Uma professora com mais de três décadas dedicadas ao ensino público pediu exoneração após ser agredida por alunos em uma escola pública municipal de Olímpia, no interior de São Paulo.

Heloisa Barbara Cevada Esperandio, de 67 anos, havia se aposentado, mas voltou oficialmente às salas de aula após ser incentivada por colegas. Ela passou por processo seletivo e assumiu uma turma do segundo ano do Ensino Fundamental.

Logo nos primeiros dias letivos, a rotina teria sido marcada por indisciplina e comportamento hostil de alguns menores.
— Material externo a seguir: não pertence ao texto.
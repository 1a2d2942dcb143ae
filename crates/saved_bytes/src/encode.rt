//! Writing values as bytes.

ghost use Rattle.std.specs.Prelude.{◌≡◌, [], OnOk};
ghost use Rattle.std.specs.Int.{w8, w16, w32, w64};
ghost use Rattle.saved_bytes.specs.Forms.Form.{Number, Text};
ghost use Rattle.saved_bytes.specs.Forms.{Appends, written};

use std::alloc::{AllocError, Global};

/// A buffer to which values are written one after the other. If a call fails because memory ran out, a
/// part of the value may have been appended.
#[derive(Debug, Drop)]
pub struct Encoder {
    bytes: Vec<u8>,
}

impl Encoder {
    /// Creates an empty buffer. Doesn't allocate.
    pub fn new(alloc: Global) -> Encoder
        ensures { written result ≡ [] }
    {
        Encoder {
            bytes: Vec::new(alloc),
        }
    }

    /// The bytes written so far.
    pub fn bytes(&self) -> &[u8]
        ensures { result.now ≡ written self.now }
    {
        self.bytes.as_slice()
    }

    /// Drops the bytes written so far, and keeps the capacity.
    pub fn clear(&mut self)
        ensures { written self.new ≡ [] }
    {
        self.bytes.clear();
    }

    /// Appends a byte.
    pub fn put_u8(&mut self, number: u8) -> Result<(), AllocError>
        ensures { OnOk result (Appends (Number w8 number) (written self.old) (written self.new)) }
    {
        self.bytes.extend_from_slice(&number.to_le_bytes())
    }

    /// Appends the number's two bytes, little-endian.
    pub fn put_u16(&mut self, number: u16) -> Result<(), AllocError>
        ensures { OnOk result (Appends (Number w16 number) (written self.old) (written self.new)) }
    {
        self.bytes.extend_from_slice(&number.to_le_bytes())
    }

    /// Appends the number's four bytes, little-endian.
    pub fn put_u32(&mut self, number: u32) -> Result<(), AllocError>
        ensures { OnOk result (Appends (Number w32 number) (written self.old) (written self.new)) }
    {
        self.bytes.extend_from_slice(&number.to_le_bytes())
    }

    /// Appends the number's eight bytes, little-endian.
    pub fn put_u64(&mut self, number: u64) -> Result<(), AllocError>
        ensures { OnOk result (Appends (Number w64 number) (written self.old) (written self.new)) }
    {
        self.bytes.extend_from_slice(&number.to_le_bytes())
    }

    /// Appends the text's length in bytes, as eight bytes, and the text.
    pub fn put_text(&mut self, text: &str) -> Result<(), AllocError>
        ensures { OnOk result (Appends (Text text.now) (written self.old) (written self.new)) }
    {
        self.put_u64(text.len() as u64)?;
        self.bytes.extend_from_slice(text.as_bytes())
    }
}
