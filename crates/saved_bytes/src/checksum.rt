//! The checksum of a piece's bytes, which finds damage.

ghost use Rattle.std.specs.Prelude.{◌≡◌, ◌*◌, ◌<◌, ◌^◌, slice_index};
ghost use Rattle.saved_bytes.specs.Files.{checksum, four_sums, mixed, one_sum, word};

use crate::pieces::VERSION;

const START: u64 = 0x243f_6a88_85a3_08d3;

const FACTOR: u64 = 0x9e37_79b9_7f4a_7c15;

/// The bytes' checksum in a piece of this version: they are taken as numbers of eight bytes, each of
/// which is mixed in by a step that maps different numbers to different sums. So a change within one of
/// these numbers always changes the sum.
pub fn checksum(version: u32, bytes: &[u8]) -> u64
    ensures { result ≡ checksum version bytes.now }
{
    if version == VERSION {
        four_sums(bytes)
    } else {
        one_sum(bytes)
    }
}

fn one_sum(bytes: &[u8]) -> u64
    ensures { result ≡ one_sum bytes.now }
{
    let words = bytes.len() / 8;
    let mut sum = START;
    for k in 0..words {
        sum = mix(sum, word_at(bytes, k));
    }
    mix(sum, word_at(bytes, words))
}

// The numbers are dealt to four sums in turn: a processor computes these at the same time.
fn four_sums(bytes: &[u8]) -> u64
    ensures { result ≡ four_sums bytes.now }
{
    let (mut a, mut b, mut c, mut d) = (START, START, START, START);
    for k in 0..bytes.len() / 32 + 1 {
        let rest = &bytes[32 * k..];
        a = mix(a, word_at(rest, 0));
        b = mix(b, word_at(rest, 1));
        c = mix(c, word_at(rest, 2));
        d = mix(d, word_at(rest, 3));
    }
    mix(mix(mix(a, b), c), d)
}

fn mix(sum: u64, word: u64) -> u64
    ensures { result ≡ mixed sum word }
{
    (sum ^ word).wrapping_mul(FACTOR).rotate_left(31)
}

// The k-th eight bytes, as a number. Missing ones count as zeros.
fn word_at(bytes: &[u8], k: usize) -> u64
    requires { 8 * k < 2 ^ 64 }
    ensures { result ≡ word bytes.now k }
{
    let rest = &bytes[(8 * k).min(bytes.len())..];
    if rest.len() >= 8 {
        return u64::from_le_bytes([
            rest[0], rest[1], rest[2], rest[3], rest[4], rest[5], rest[6], rest[7],
        ]);
    }
    u64::from_le_bytes([
        byte_at(rest, 0),
        byte_at(rest, 1),
        byte_at(rest, 2),
        byte_at(rest, 3),
        byte_at(rest, 4),
        byte_at(rest, 5),
        byte_at(rest, 6),
        byte_at(rest, 7),
    ])
}

fn byte_at(bytes: &[u8], index: usize) -> u8
    ensures { result ≡ slice_index bytes.now index }
{
    match bytes.get(index) {
        Some(byte) => *byte,
        None => 0,
    }
}
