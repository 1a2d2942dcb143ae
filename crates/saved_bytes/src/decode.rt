//! Reading values from bytes.

ghost use Rattle.std.specs.Prelude.{◌≡◌, ◌==◌, length};
ghost use Rattle.std.specs.Int.{w8, w16, w32, w64};
ghost use Rattle.saved_bytes.specs.Forms.Form.{Number, Text};
ghost use Rattle.saved_bytes.specs.Forms.{unread};
ghost use Rattle.saved_bytes.specs.declared.decode.DecodeError.TheVariants.{OutOfMemory};
ghost use Rattle.saved_bytes.specs.Reading.{ReadsAgain, ReadsOnly, TextReadsAgain};

use std::alloc::{AllocError, AllocFailed, Global};
use std::error::Error;
use std::fmt;

/// Why bytes encode no value.
#[derive(Clone, Copy, Debug, PartialEq, Eq)]
pub enum Fault {
    /// They end within the value.
    Short,
    /// A byte for the variant has none of their numbers.
    Variant,
    /// A text isn't UTF-8.
    Text,
    /// A location's file isn't in the table of files.
    Place,
    /// The file isn't one of saved values.
    Magic,
    /// The file has another version than this one.
    Version,
    /// The bytes have another checksum than the file says.
    Sum,
    /// There are bytes after the values.
    Long,
}

impl fmt::Display for Fault {
    fn fmt<W: fmt::Write>(&self, f: &mut fmt::Formatter<W>) -> fmt::Result {
        match self {
            Fault::Short => f.write_str("the bytes end too early"),
            Fault::Variant => f.write_str("no variant has this number"),
            Fault::Text => f.write_str("the text isn't UTF-8"),
            Fault::Place => f.write_str("the location's file isn't in the table"),
            Fault::Magic => f.write_str("the file isn't one of saved values"),
            Fault::Version => f.write_str("the file has another version"),
            Fault::Sum => f.write_str("the bytes have another sum than the file says"),
            Fault::Long => f.write_str("bytes stand behind the values"),
        }
    }
}

impl Error for Fault {}

/// Why a value can't be read.
#[derive(Clone, Copy, Debug, PartialEq, Eq)]
pub enum DecodeError {
    /// Out of memory.
    OutOfMemory,
    /// The fault, and the index of the byte where it was found.
    Damaged(usize, Fault),
}

impl fmt::Display for DecodeError {
    fn fmt<W: fmt::Write>(&self, f: &mut fmt::Formatter<W>) -> fmt::Result {
        match self {
            DecodeError::OutOfMemory => f.write_str("out of memory"),
            DecodeError::Damaged(at, fault) => write!(f, "at byte {at}: {fault}"),
        }
    }
}

impl Error for DecodeError {}

impl From<AllocError> for DecodeError {
    ghost from_gives = { λ _ e. e ≡ OutOfMemory };

    fn from(_error: AllocError) -> DecodeError {
        DecodeError::OutOfMemory
    }
}

impl<T: Drop> From<AllocFailed<T>> for DecodeError {
    ghost from_gives = { λ _ e. e ≡ OutOfMemory };

    fn from(_error: AllocFailed<T>) -> DecodeError {
        DecodeError::OutOfMemory
    }
}

/// Bytes from which values are read one after the other. A call that fails may have consumed some.
#[derive(Debug, Drop)]
pub struct Decoder<'a> {
    alloc: Global,
    rest: &'a [u8],
    end: usize,
}

impl<'a> Decoder<'a> {
    /// Reads from these bytes. Values allocate from `alloc`.
    pub fn new(alloc: Global, bytes: &'a [u8]) -> Decoder<'a>
        ensures { unread result ≡ bytes.now }
    {
        Decoder::at(alloc, bytes, 0)
    }

    // Reads from these bytes of a file, the first of which has this index.
    pub(crate) fn at(alloc: Global, bytes: &'a [u8], start: usize) -> Decoder<'a>
        ensures { unread result ≡ bytes.now }
    {
        Decoder {
            alloc,
            rest: bytes,
            end: start.saturating_add(bytes.len()),
        }
    }

    /// The allocator of the values that are read.
    pub fn alloc(&self) -> Global {
        self.alloc
    }

    /// The index of the next byte.
    pub fn position(&self) -> usize {
        self.end.saturating_sub(self.rest.len())
    }

    /// The remaining bytes.
    pub fn rest(&self) -> &'a [u8]
        ensures { result.now ≡ unread self.now }
    {
        self.rest
    }

    /// Whether every byte has been read.
    pub fn is_empty(&self) -> bool
        ensures { result ≡ (length (unread self.now) == 0) }
    {
        self.rest.is_empty()
    }

    /// An error at the next byte.
    pub fn fault(&self, fault: Fault) -> DecodeError {
        DecodeError::Damaged(self.position(), fault)
    }

    /// Reads a byte.
    pub fn take_u8(&mut self) -> Result<u8, DecodeError>
        ensures again { ReadsAgain (λ n. Number w8 n) (unread self.old) result (unread self.new) }
        ensures only { ReadsOnly (λ n. Number w8 n) (unread self.old) result (unread self.new) }
    {
        if self.rest.is_empty() {
            return Err(self.fault(Fault::Short));
        }
        let (front, rest) = self.rest.split_at(1);
        self.rest = rest;
        Ok(u8::from_le_bytes([front[0]]))
    }

    /// Reads a number of two bytes.
    pub fn take_u16(&mut self) -> Result<u16, DecodeError>
        ensures again { ReadsAgain (λ n. Number w16 n) (unread self.old) result (unread self.new) }
        ensures only { ReadsOnly (λ n. Number w16 n) (unread self.old) result (unread self.new) }
    {
        if self.rest.len() < 2 {
            return Err(self.fault(Fault::Short));
        }
        let (front, rest) = self.rest.split_at(2);
        self.rest = rest;
        Ok(u16::from_le_bytes([front[0], front[1]]))
    }

    /// Reads a number of four bytes.
    pub fn take_u32(&mut self) -> Result<u32, DecodeError>
        ensures again { ReadsAgain (λ n. Number w32 n) (unread self.old) result (unread self.new) }
        ensures only { ReadsOnly (λ n. Number w32 n) (unread self.old) result (unread self.new) }
    {
        if self.rest.len() < 4 {
            return Err(self.fault(Fault::Short));
        }
        let (front, rest) = self.rest.split_at(4);
        self.rest = rest;
        let bytes = [front[0], front[1], front[2], front[3]];
        Ok(u32::from_le_bytes(bytes))
    }

    /// Reads a number of eight bytes.
    pub fn take_u64(&mut self) -> Result<u64, DecodeError>
        ensures again { ReadsAgain (λ n. Number w64 n) (unread self.old) result (unread self.new) }
        ensures only { ReadsOnly (λ n. Number w64 n) (unread self.old) result (unread self.new) }
    {
        if self.rest.len() < 8 {
            return Err(self.fault(Fault::Short));
        }
        let (front, rest) = self.rest.split_at(8);
        self.rest = rest;
        Ok(u64::from_le_bytes([
            front[0], front[1], front[2], front[3], front[4], front[5], front[6], front[7],
        ]))
    }

    /// Reads a text, which borrows from the bytes: it isn't copied.
    pub fn take_text(&mut self) -> Result<&'a str, DecodeError>
        ensures again { TextReadsAgain (λ text. text.now) (unread self.old) result (unread self.new) }
        ensures only { ReadsOnly (λ text. Text text.now) (unread self.old) result (unread self.new) }
    {
        let len = self.take_u64()? as usize;
        if self.rest.len() < len {
            return Err(self.fault(Fault::Short));
        }
        let (front, rest) = self.rest.split_at(len);
        match str::from_utf8(front) {
            Ok(text) => {
                self.rest = rest;
                Ok(text)
            }
            Err(_) => Err(self.fault(Fault::Text)),
        }
    }
}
A situação saiu do controle quando a professora tentou separar uma briga física entre dois alunos que se agarravam pelo pescoço.

Ao intervir, Heloisa acabou sendo alvo da fúria dos estudantes e sofreu mordidas e chutes, que deixaram hematomas pelo corpo.

O impacto foi além das marcas físicas. Profundamente abalada, a professora pediu exoneração e, mesmo após mais de um ano do ocorrido, ainda precisa de acompanhamento psicológico e psiquiátrico para lidar com os traumas emocionais da agressão.

Procurada, a Secretaria Municipal de Educação de Olímpia informou que adotou todas as providências administrativas e pedagógicas na época, prestou acolhimento e acionou uma equipe multidisciplinar para acompanhar os envolvidos, além de reforçar projetos de combate ao bullying em parceria com as forças de segurança locais.

O caso reacende o alerta sobre a violência nas escolas. Um levantamento do Centro do Professorado Paulista, feito com 1.440 educadores das redes estadual, municipal e privada, apontou que mais de 65% dos docentes já foram vítimas de algum tipo de agressão no ambiente de trabalho. Cerca de 62,9% dos profissionais também afirmaram não se sentir seguros dentro das escolas.